→ **WHAT TO WORK ON**:
Lines to restate from the data below: from the one containing "use tablet_io::Gate;" to the one containing "-> Result<DoneJobs, NoMemory>", both included. Give them again exactly, and only them.

Stored data entries:
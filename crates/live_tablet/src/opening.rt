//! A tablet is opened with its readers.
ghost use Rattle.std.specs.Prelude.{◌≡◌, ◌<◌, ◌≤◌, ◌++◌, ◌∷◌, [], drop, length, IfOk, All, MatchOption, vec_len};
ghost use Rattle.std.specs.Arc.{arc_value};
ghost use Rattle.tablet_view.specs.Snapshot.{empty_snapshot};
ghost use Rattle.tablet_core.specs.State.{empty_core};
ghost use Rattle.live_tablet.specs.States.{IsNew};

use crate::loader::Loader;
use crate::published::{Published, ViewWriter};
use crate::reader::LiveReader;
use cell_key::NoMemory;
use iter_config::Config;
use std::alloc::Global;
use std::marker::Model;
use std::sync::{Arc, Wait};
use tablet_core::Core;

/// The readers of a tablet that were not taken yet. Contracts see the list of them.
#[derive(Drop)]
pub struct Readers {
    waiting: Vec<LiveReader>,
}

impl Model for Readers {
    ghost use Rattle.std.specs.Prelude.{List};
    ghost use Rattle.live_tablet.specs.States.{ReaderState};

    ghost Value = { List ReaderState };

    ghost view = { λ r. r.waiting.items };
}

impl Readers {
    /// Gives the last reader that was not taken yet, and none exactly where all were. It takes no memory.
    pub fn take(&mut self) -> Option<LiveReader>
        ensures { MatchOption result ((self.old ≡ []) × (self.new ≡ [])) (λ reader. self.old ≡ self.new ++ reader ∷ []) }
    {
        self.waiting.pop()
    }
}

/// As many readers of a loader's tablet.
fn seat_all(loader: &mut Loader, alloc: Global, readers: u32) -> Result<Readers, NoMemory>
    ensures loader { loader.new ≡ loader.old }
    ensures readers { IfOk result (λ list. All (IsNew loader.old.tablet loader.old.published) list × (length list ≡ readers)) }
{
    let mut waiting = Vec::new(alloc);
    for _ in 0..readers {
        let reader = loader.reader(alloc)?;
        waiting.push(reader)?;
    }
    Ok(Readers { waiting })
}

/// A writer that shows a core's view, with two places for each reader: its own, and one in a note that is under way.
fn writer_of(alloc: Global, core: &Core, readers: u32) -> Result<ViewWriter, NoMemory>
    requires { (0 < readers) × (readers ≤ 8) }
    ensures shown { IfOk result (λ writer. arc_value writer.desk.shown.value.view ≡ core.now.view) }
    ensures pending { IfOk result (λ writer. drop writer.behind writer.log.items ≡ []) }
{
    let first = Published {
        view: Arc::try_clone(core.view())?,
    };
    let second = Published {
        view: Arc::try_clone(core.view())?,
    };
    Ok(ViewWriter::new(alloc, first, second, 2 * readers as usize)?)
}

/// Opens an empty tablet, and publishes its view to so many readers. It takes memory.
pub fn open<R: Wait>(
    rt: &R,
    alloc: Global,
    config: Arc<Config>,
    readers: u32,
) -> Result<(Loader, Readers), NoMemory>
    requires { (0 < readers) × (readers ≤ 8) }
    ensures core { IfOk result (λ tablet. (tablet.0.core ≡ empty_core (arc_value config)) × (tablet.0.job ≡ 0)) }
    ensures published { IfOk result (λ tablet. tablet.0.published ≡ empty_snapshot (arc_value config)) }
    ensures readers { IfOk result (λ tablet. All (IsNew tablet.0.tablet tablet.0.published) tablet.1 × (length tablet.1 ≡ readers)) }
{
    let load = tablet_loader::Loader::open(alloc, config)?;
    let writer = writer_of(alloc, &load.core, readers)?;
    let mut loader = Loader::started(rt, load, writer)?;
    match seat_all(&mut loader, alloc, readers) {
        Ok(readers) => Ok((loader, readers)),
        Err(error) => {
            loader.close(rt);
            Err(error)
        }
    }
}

...

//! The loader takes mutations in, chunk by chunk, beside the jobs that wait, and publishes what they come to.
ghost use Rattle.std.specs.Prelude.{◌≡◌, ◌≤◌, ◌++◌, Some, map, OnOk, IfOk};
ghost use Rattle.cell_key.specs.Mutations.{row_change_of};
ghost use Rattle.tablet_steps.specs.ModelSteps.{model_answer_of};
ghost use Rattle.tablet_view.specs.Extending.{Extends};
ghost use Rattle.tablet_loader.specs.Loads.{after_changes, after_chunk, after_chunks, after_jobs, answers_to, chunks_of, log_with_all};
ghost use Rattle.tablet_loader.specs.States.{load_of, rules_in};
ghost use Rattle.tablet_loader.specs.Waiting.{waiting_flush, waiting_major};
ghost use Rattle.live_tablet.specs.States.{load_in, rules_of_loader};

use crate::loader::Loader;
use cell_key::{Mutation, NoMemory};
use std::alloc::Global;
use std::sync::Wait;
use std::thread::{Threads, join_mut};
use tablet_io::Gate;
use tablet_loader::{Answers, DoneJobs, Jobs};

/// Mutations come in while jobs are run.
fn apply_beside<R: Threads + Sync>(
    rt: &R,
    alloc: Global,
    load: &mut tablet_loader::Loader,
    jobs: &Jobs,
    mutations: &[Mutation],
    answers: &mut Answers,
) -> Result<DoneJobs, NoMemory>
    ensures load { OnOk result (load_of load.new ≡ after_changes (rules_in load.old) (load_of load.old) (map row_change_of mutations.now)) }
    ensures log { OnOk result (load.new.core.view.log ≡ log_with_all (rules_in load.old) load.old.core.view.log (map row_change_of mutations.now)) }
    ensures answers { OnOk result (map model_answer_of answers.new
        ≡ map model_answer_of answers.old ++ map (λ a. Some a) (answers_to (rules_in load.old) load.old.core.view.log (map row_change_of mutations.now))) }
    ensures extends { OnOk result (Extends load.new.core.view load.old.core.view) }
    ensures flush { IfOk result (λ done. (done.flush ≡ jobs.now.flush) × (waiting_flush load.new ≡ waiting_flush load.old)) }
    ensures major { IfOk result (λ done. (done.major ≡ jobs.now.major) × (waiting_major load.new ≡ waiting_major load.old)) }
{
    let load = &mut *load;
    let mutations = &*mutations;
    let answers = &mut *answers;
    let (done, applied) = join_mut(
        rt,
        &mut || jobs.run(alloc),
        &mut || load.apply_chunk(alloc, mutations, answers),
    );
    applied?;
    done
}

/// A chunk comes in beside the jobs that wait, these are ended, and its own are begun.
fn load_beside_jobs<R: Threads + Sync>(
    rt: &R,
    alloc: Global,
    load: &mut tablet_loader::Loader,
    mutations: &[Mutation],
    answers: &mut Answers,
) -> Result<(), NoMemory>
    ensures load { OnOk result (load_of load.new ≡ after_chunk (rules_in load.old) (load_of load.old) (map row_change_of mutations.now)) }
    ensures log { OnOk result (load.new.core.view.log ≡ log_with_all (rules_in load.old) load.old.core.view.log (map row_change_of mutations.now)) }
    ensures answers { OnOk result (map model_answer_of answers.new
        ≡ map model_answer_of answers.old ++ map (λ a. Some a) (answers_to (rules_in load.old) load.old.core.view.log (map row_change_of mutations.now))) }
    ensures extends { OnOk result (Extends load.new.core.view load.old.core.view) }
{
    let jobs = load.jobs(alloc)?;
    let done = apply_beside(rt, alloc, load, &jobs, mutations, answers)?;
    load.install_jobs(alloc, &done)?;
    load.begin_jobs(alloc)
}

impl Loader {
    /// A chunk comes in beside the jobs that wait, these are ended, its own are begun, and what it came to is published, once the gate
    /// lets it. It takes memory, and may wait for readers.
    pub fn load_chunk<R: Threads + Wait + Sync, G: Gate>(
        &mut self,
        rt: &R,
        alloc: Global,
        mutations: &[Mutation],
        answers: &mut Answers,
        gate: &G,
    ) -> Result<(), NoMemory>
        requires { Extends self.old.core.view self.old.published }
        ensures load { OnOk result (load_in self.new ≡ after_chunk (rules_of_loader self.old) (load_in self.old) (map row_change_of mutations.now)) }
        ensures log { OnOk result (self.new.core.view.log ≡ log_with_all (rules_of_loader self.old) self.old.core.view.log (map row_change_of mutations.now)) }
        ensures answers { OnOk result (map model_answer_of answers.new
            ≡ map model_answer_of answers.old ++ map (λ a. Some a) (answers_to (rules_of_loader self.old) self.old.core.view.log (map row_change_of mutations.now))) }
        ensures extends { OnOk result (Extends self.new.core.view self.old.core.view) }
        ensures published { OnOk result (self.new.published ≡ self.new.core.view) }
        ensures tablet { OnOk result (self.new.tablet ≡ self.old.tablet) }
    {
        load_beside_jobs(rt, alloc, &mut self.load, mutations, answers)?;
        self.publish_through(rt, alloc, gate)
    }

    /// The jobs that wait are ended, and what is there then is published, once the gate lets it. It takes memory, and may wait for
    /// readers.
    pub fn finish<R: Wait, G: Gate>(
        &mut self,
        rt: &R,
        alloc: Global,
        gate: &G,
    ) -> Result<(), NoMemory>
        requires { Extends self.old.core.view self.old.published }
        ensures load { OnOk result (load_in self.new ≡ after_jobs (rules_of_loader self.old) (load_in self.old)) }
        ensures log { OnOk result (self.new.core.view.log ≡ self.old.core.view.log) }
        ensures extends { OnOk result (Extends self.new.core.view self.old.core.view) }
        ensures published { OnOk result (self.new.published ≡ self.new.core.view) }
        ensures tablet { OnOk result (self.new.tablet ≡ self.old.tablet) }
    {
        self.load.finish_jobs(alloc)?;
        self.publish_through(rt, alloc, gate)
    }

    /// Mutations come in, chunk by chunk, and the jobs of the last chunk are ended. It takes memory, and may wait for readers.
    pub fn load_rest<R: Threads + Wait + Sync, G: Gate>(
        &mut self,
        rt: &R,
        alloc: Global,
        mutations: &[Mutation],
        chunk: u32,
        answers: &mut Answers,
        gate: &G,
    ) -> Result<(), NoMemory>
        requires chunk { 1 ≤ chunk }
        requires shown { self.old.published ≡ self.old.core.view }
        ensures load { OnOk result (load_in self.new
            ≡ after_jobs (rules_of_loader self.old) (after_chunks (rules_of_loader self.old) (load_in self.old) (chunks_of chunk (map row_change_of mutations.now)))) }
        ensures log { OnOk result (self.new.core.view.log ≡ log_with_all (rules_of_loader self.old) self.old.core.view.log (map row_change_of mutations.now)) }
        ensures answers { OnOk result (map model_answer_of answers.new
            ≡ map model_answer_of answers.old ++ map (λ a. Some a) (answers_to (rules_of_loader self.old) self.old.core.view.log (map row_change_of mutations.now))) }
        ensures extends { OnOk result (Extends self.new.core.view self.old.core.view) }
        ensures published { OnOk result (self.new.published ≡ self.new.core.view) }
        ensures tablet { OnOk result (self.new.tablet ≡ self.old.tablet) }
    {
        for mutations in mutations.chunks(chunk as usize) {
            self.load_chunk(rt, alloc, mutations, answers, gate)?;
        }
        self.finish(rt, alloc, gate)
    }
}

→ **TASK ANSWER**:
use tablet_io::Gate;
use tablet_loader::{Answers, DoneJobs, Jobs};

/// Mutations come in while jobs are run.
fn apply_beside<R: Threads + Sync>(
    rt: &R,
    alloc: Global,
    load: &mut tablet_loader::Loader,
    jobs: &Jobs,
    mutations: &[Mutation],
    answers: &mut Answers,
) -> Result<DoneJobs, NoMemory>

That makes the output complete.